Çiftçi tekrar mağdur, o da şikayetlerini lisana getiriyor. 18-24 yaş ortası kümesinde işsizlik oranı yüzde 36,5 Kilis’te, gençler işsiz. Bu tam bir felakettir. Gençleri işsiz bırakırsanız sorunlara kapı aralamış olursunuz. Tarımda alınan verim son 19 yılda düştü. Resmi rakamları vereyim; sebze ekili alanlar 132 bin hektardan 53 bin hektara düştü. Ciddi bir kayıp artık insanlar toprağa ekmemeye başladılar, gelir elde edemiyorlar. Kişi başına gelir… 81 il içinde Kilis 67’nci sırada, gerilerde bir yerlerde yer alıyor. Bağcılık çok kıymetli, Kilis’in de meşhur kara üzümü var, ambalajlasanız bu ürünü, dünya piyasasına tanıtsanız emin olun bu üzümüyle bile Kilis bir dünya markası olabilir ama sahipsiz. Çiftçi de sahipsiz.

“KİLİS’E 11 OKUL YAPACAĞIZ”

Çok problemler var biliyorum. Eğitim; bir aileye, sınıfa, şahsa, topluma sınıf atlatan en kıymetli faktördür. O yüzden ‘Hiç bilenle bilmeyen bir olur mu’ diyoruz. Eğitim de felaket durumda. Buradan, Kilis’ten; Milli Eğitim Bakanı’na çok açık ve net bir davet yapıyorum. Gittiğim yerlerde dediler ki sınıflar 40’ar kişilik, 50’şer kişilik okul yetmiyor. ‘Suriyelilerle bizim çocuklar bir arada anlaşamıyorlar yeteri kadar…’ Ben açık davet yapıyorum okul yetmiyorsa; 11 büyükşehir belediye liderimiz var. Ulusal Eğitim Bakanlığı müsaade versin 1 yıl içinde Kilis’in arzu edilen her yerine birer okul yapıp Milli Eğitim Bakanlığı’na teslim edelim. Bu okula gidecek olan bizim evlatlarımız. Tamam imkanınız yok yapamıyorsunuz ancak biz yapacağız. Kilis’e yapacağız, 11 okul yapacağız.
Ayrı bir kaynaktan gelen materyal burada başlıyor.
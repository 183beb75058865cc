// Laws of the typing rules and of the judging order, each on a function that does nothing.
ghost use Rattle.std.specs.Prelude.{◌≡◌, ◌↔◌, ℕ, true, List, Some, Ok, Err, map, Decides};
ghost use Rattle.std.specs.List.{AllByRecursion as Each};
ghost use Rattle.nq_model.specs.Bags.{Reordered};
ghost use Rattle.nq_model.specs.Orders.{AreDistinct};
ghost use Rattle.nq_model.specs.Types.{TypeTree, is_plain, is_well_formed, type_eq};
ghost use Rattle.nq_model.specs.Terms.{TermTree, rec, PlacedTerm, bare, term_fields_of};
ghost use Rattle.nq_model.specs.Tables.{IsProperSchema};
ghost use Rattle.nq_model.specs.Typing.{HasType, IsAccepted};
ghost use Rattle.nq_model.specs.TypeOf.{type_of};
ghost use Rattle.nq_model.specs.Judging.{BrokenRule, judged, program_judged};
ghost use Rattle.nq_model.specs.Proper.{IsOrdered, IsProperTerm, IsClosed};
ghost use Rattle.nq_model.specs.declared.table.Schema.{Schema};

/// A term has at most one type, which is computed; it is well formed where the types of the
/// variables are, and its labels stand in byte order where those of the variables' types do. The
/// order of a record's fields does not matter.
pub fn typing_laws()
    ensures one { (schema : Schema) (context : List TypeTree) (t : TermTree) (a b : TypeTree)
        → HasType schema context t a → HasType schema context t b → a ≡ b }
    ensures computed { (schema : Schema) (context : List TypeTree) (t : TermTree) (a : TypeTree)
        → (type_of schema context t ≡ Some a) ↔ HasType schema context t a }
    ensures well_formed { (schema : Schema) (context : List TypeTree) (t : TermTree) (a : TypeTree)
        → Each (λ b. is_well_formed b ≡ true) context → HasType schema context t a
        → is_well_formed a ≡ true }
    ensures ordered { (schema : Schema) (context : List TypeTree) (t : TermTree) (a : TypeTree)
        → IsProperSchema schema → IsProperTerm t → Each IsOrdered context
        → HasType schema context t a → IsOrdered a }
    ensures any_order { (schema : Schema) (context : List TypeTree)
        (fs gs : List (List ℕ × TermTree)) (a : TypeTree)
        → Reordered fs gs → AreDistinct (map (λ f. f.0) gs)
        → HasType schema context (rec (term_fields_of gs)) a
        → HasType schema context (rec (term_fields_of fs)) a }
    ensures plain_is_well_formed { (a : TypeTree) → is_plain a ≡ true → is_well_formed a ≡ true }
    ensures equal { (a b : TypeTree) → Decides (type_eq a b) (a ≡ b) }
{}

/// The walk in judging order gives the type of a term exactly where the term has one. Over a whole
/// program it gives the type exactly where the program is accepted, and a broken rule exactly where
/// it is not; in a closed program no variable is without a binder.
pub fn judging_laws()
    ensures typed { (schema : Schema) (context : List TypeTree) (p : PlacedTerm) (a : TypeTree)
        → (judged schema context p ≡ Ok a) ↔ HasType schema context (bare p) a }
    ensures accepted { (schema : Schema) (p : PlacedTerm) (a : TypeTree)
        → (program_judged schema p ≡ Ok a) ↔ IsAccepted schema (bare p) a }
    ensures refused { (schema : Schema) (p : PlacedTerm)
        → ((e : BrokenRule) × (program_judged schema p ≡ Err e))
        ↔ ((a : TypeTree) → IsAccepted schema (bare p) a → ⊥) }
    ensures bound { (schema : Schema) (p : PlacedTerm) (e : BrokenRule)
        → IsClosed (bare p) → program_judged schema p ≡ Err e → e.rule ≡ 1 → ⊥ }
{}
Bu dediğimi okullar sıradan okul olmayacak. İçinde spor salonu, kütüphanesi, öğretmenlerin dinlenme yerleri olacak, sınıflar pek hoş olacak. Bize yerleri teslim edecekler 1 yıl içinde yapacağız Kilislilere armağan olsun diyeceğiz. Bizim evlatlarımızın düzgün bir eğitim alması lazım. Uygun bir eğitim alırlarsa ülkeye katkıları çok daha fazla olur.

“O BARONLARIN HİÇBİRİSİNİ BU TOPRAKLARDA YAŞATMAYACAĞIM”

Başka bir acı tablo daha var; uyuşturucu…İntihar hadiseleri çok arttı. Az evvel bir kişi yakaladı çarşıda; oğlunun uyuşturucu kullandığını ve kendisinin hayati tehlikede olduğunu, yatarken kapıyı arttan kilitlediğini, yatak odasını kilitlediğini anlattı. Bu çok acı bir tablo. Şayet bu tabloyu değiştirmezsek Türkiye’yi felaket sürükleriz, uyuşturucu çetelerinin, baronlarının cirit attığı bir ülkeye döndü adeta Türkiye. Lakin benim bu millete kelamım var; Allah nasip eder Millet İttifakı iktidarda olursa o baronların hiçbirisini bu topraklarda yaşatmayacağım, tamamını göndereceğim.

“BAĞIMSIZ BİR MUHTARLIK KANUNU OLMASI LAZIM”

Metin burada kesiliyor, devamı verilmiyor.